** Problem requirements **
Below are the records; restate word for word the lines from the first through the one containing "read. Out of memory has no line.", and only those.

___ Input material ___

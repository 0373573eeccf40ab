//! Lines that say why a frame is not read, or its commit not verified.

ghost use Rattle.std.specs.Prelude.{◌≡◌, IfOk};
ghost use Rattle.program_events.specs.Causes.{IsOfFrame, IsOfEvent, unread_line, undo_line};
ghost use Rattle.program_events.specs.Causes.{refused_words, refused_line};

use atproto_events::{EventError, FrameError, UndoError};
use ipld_tree::Cid;
use program_parts::{fault_name, line_of, missing_line};
use program_records::{cause_text, name_fault_line, repo_line};
use std::alloc::{AllocError, Global};

/// Returns the line that says why a frame is not read. Out of memory has no line.
pub(crate) fn unread_line(alloc: Global, error: &FrameError) -> Result<Vec<u8>, AllocError>
    ensures { IfOk result (λ v. IsOfFrame error.now × (v.items ≡ unread_line error.now)) }
{
    match error {
        FrameError::OutOfMemory => Err(AllocError),
        FrameError::NoEnd => line_of(alloc, b"the bytes are not two items", b"", b""),
        FrameError::NoHeader(cause) => {
            let cause = cause_text(cause);
            line_of(alloc, b"the header is not read: ", cause.as_bytes(), b"")
        }
        FrameError::OtherOperation(_) => {
            let words = b"the operation of the header is neither 1 nor -1";
            line_of(alloc, words, b"", b"")
        }
        FrameError::NoKind => line_of(alloc, b"the header tells no kind", b"", b""),
        FrameError::NoBody(cause) => {
            let cause = cause_text(cause);
            line_of(alloc, b"the body is not read: ", cause.as_bytes(), b"")
        }
    }
}

/// Returns the line that says why operations are not undone. Out of memory has no line.
fn undo_line(alloc: Global, error: &UndoError) -> Result<Vec<u8>, AllocError>
    ensures { IfOk result (λ v. v.items ≡ undo_line error.now) }
{
    match error {
        UndoError::OutOfMemory => Err(AllocError),
        UndoError::MissingNode(name) => missing_line(alloc, name),
        UndoError::OtherBytes(name) => name_fault_line(alloc, name, b" other bytes"),
        UndoError::NoNode(name) => name_fault_line(alloc, name, b" is no node"),
        UndoError::OtherTree => line_of(alloc, b"the nodes are not those of a tree", b"", b""),
        UndoError::KeyLength => line_of(alloc, b"a key has no byte, or more than 1024", b"", b""),
        UndoError::OtherState => {
            let words = b"the tree has not what an operation leads to";
            line_of(alloc, words, b"", b"")
        }
    }
}

/// Returns the words for a cause that has no cause of its own.
fn refused_words(error: &EventError) -> &'static [u8]
    ensures { result.now ≡ refused_words error.now }
{
    match error {
        EventError::TooBig => b"the event does not tell all: tooBig",
        EventError::Rebase => b"the event tells of a rebase",
        EventError::ManyOperations => b"the event has more than 200 operations",
        EventError::ManyBytes => b"the event has more than 2,000,000 bytes of blocks",
        EventError::NotAfter => b"the revision does not come after the one that is known",
        EventError::OtherRoot => b"prevData is another root than the one that is known",
        EventError::NoRoot => b"the event has no prevData, and no root is known",
        EventError::OtherForm => b"an operation lacks a record of its action, or has one more",
        EventError::OtherCommit => b"the first root of the blocks is not the commit",
        EventError::OtherRepository => b"the commit is of another repository",
        EventError::OtherRevision => b"the commit is of another revision",
        EventError::LeadsElsewhere => b"the operations lead from another root",
        _ => b"",
    }
}

/// Returns the line that says why this commit is not verified. Out of memory has no line.
pub(crate) fn refused_line(
    alloc: Global,
    commit: &Cid,
    error: &EventError,
) -> Result<Vec<u8>, AllocError>
    ensures { IfOk result (λ v. IsOfEvent error.now × (v.items ≡ refused_line commit.now error.now)) }
{
    match error {
        EventError::OutOfMemory => Err(AllocError),
        EventError::NoCar(cause) => {
            let words = b"the blocks are no CAR file of version 1: ";
            line_of(alloc, words, fault_name(cause).as_bytes(), b"")
        }
        EventError::NoCommit(cause) => repo_line(alloc, commit, cause),
        EventError::NotUndone(cause) => undo_line(alloc, cause),
        _ => line_of(alloc, refused_words(error), b"", b""),
    }
}
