//! Calls of a `Serializer` and of its collectors that neither the library's types nor those by hand
//! make, and the state that they show.

use crate::tests::maps::{Ended, LARGE, is_ended};
use dagcbor_core::EncodeError;
use dagcbor_heads::BufWriter;
use dagcbor_write::{Field, Serializer, write_struct};
use std::alloc::Global;
use std::convert::Infallible;
use std::test::Fail;
use tests_shared::agree;

/// The answer of calls.
type Answer = Result<(), EncodeError<Infallible>>;

/// Returns a refusal if this is false.
fn holds(is_so: bool) -> Answer {
    if is_so {
        return Ok(());
    }
    Err(EncodeError::custom("a collector tells another state"))
}

fn a_tuple_struct(alloc: Global, ser: &mut Serializer<BufWriter>) -> Answer {
    let mut fields = ser.serialize_tuple_struct(alloc, "Single", 1)?;
    let left = fields.left();
    fields.serialize_field(&4u8)?;
    fields.end()?;
    holds(left == 1)
}

fn no_fields(alloc: Global, ser: &mut Serializer<BufWriter>) -> Answer {
    let fields = ser.serialize_struct(alloc, "Empty", 0)?;
    let is_complete = fields.is_complete();
    fields.end()?;
    holds(is_complete)
}

fn a_map(alloc: Global, ser: &mut Serializer<BufWriter>) -> Answer {
    let mut map = ser.serialize_map(alloc, None);
    map.serialize_entry(&"b", &2u8)?;
    let before = map.has_key();
    map.serialize_key(&'a')?;
    let following = map.has_key() && !map.is_complete();
    map.serialize_value(&1u8)?;
    map.end()?;
    holds(!before && following)
}

fn a_list(alloc: Global, ser: &mut Serializer<BufWriter>) -> Answer {
    let mut list = ser.serialize_seq(alloc, None)?;
    let left = list.left();
    list.serialize_element(&1u8)?;
    list.serialize_element(&2u8)?;
    list.serialize_element(&3u8)?;
    list.end()?;
    holds(left == None)
}

fn an_announced_list(alloc: Global, ser: &mut Serializer<BufWriter>) -> Answer {
    let mut list = ser.serialize_seq(alloc, Some(2))?;
    list.serialize_element(&1u8)?;
    let left = list.left();
    list.serialize_element(&"a")?;
    let last = list.left();
    list.end()?;
    holds(left == Some(1) && last == Some(0))
}

/// A sequence of calls.
enum Calls {
    Structs,
    Map,
    List,
    AnnouncedList,
}

fn called(alloc: Global, calls: &Calls, ser: &mut Serializer<BufWriter>) -> Answer {
    match calls {
        Calls::Structs => {
            ser.serialize_unit_struct("Unit")?;
            a_tuple_struct(alloc, ser)?;
            no_fields(alloc, ser)
        }
        Calls::Map => a_map(alloc, ser),
        Calls::List => a_list(alloc, ser),
        Calls::AnnouncedList => an_announced_list(alloc, ser),
    }
}

const CALLS: &[(Calls, &[u8])] = &[
    (Calls::Structs, b"\xf6\x81\x04\xa0"),
    (Calls::Map, b"\xa2\x61a\x01\x61b\x02"),
    (Calls::List, b"\x83\x01\x02\x03"),
    (Calls::AnnouncedList, b"\x82\x01\x61a"),
];

#[test]
fn each_call_appends(rt: HostRuntime) -> Result<(), Fail> {
    for (calls, spelling) in CALLS {
        let mut ser = Serializer::new(BufWriter::new(Vec::new(rt.alloc())));
        called(rt.alloc(), calls, &mut ser)?;
        agree(ser.into_inner().buffer(), spelling)?;
    }
    Ok(())
}

fn a_large_element(alloc: Global) -> Result<Ended, EncodeError<Infallible>> {
    let mut ser = Serializer::new(BufWriter::new(Vec::new(alloc)));
    let mut list = ser.serialize_seq(alloc, None)?;
    let answer = list.serialize_element(&LARGE);
    drop(list);
    Ok((answer, ser.into_inner().into_inner()))
}

fn a_large_element_of_one(alloc: Global) -> Result<Ended, EncodeError<Infallible>> {
    let mut ser = Serializer::new(BufWriter::new(Vec::new(alloc)));
    let mut list = ser.serialize_seq(alloc, Some(1))?;
    let answer = list.serialize_element(&LARGE);
    drop(list);
    Ok((answer, ser.into_inner().into_inner()))
}

fn a_large_field_of_a_row(alloc: Global) -> Result<Ended, EncodeError<Infallible>> {
    let mut ser = Serializer::new(BufWriter::new(Vec::new(alloc)));
    let fields = (Field("a", &1u8), (Field("b", &LARGE), ()));
    let answer = write_struct(alloc, fields, &mut ser);
    Ok((answer, ser.into_inner().into_inner()))
}

#[test]
fn parts_without_a_spelling(rt: HostRuntime) -> Result<(), Fail> {
    let alloc = rt.alloc();
    let waits = r#"Err(Msg("List element cannot be serialized"))"#;
    is_ended(alloc, a_large_element(alloc), waits, b"")?;
    let announced = r#"Err(Msg("Unsigned integer must be within [0, u64::MAX] range"))"#;
    is_ended(alloc, a_large_element_of_one(alloc), announced, b"\x81")?;
    let field = r#"Err(Msg("Struct value cannot be serialized."))"#;
    is_ended(alloc, a_large_field_of_a_row(alloc), field, b"")
}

___

** Solution to this task **
repository 0373573eeccf40ab
//! Lines that say why a frame is not read, or its commit not verified.

ghost use Rattle.std.specs.Prelude.{◌≡◌, IfOk};
ghost use Rattle.program_events.specs.Causes.{IsOfFrame, IsOfEvent, unread_line, undo_line};
ghost use Rattle.program_events.specs.Causes.{refused_words, refused_line};

use atproto_events::{EventError, FrameError, UndoError};
use ipld_tree::Cid;
use program_parts::{fault_name, line_of, missing_line};
use program_records::{cause_text, name_fault_line, repo_line};
use std::alloc::{AllocError, Global};

/// Returns the line that says why a frame is not read. Out of memory has no line.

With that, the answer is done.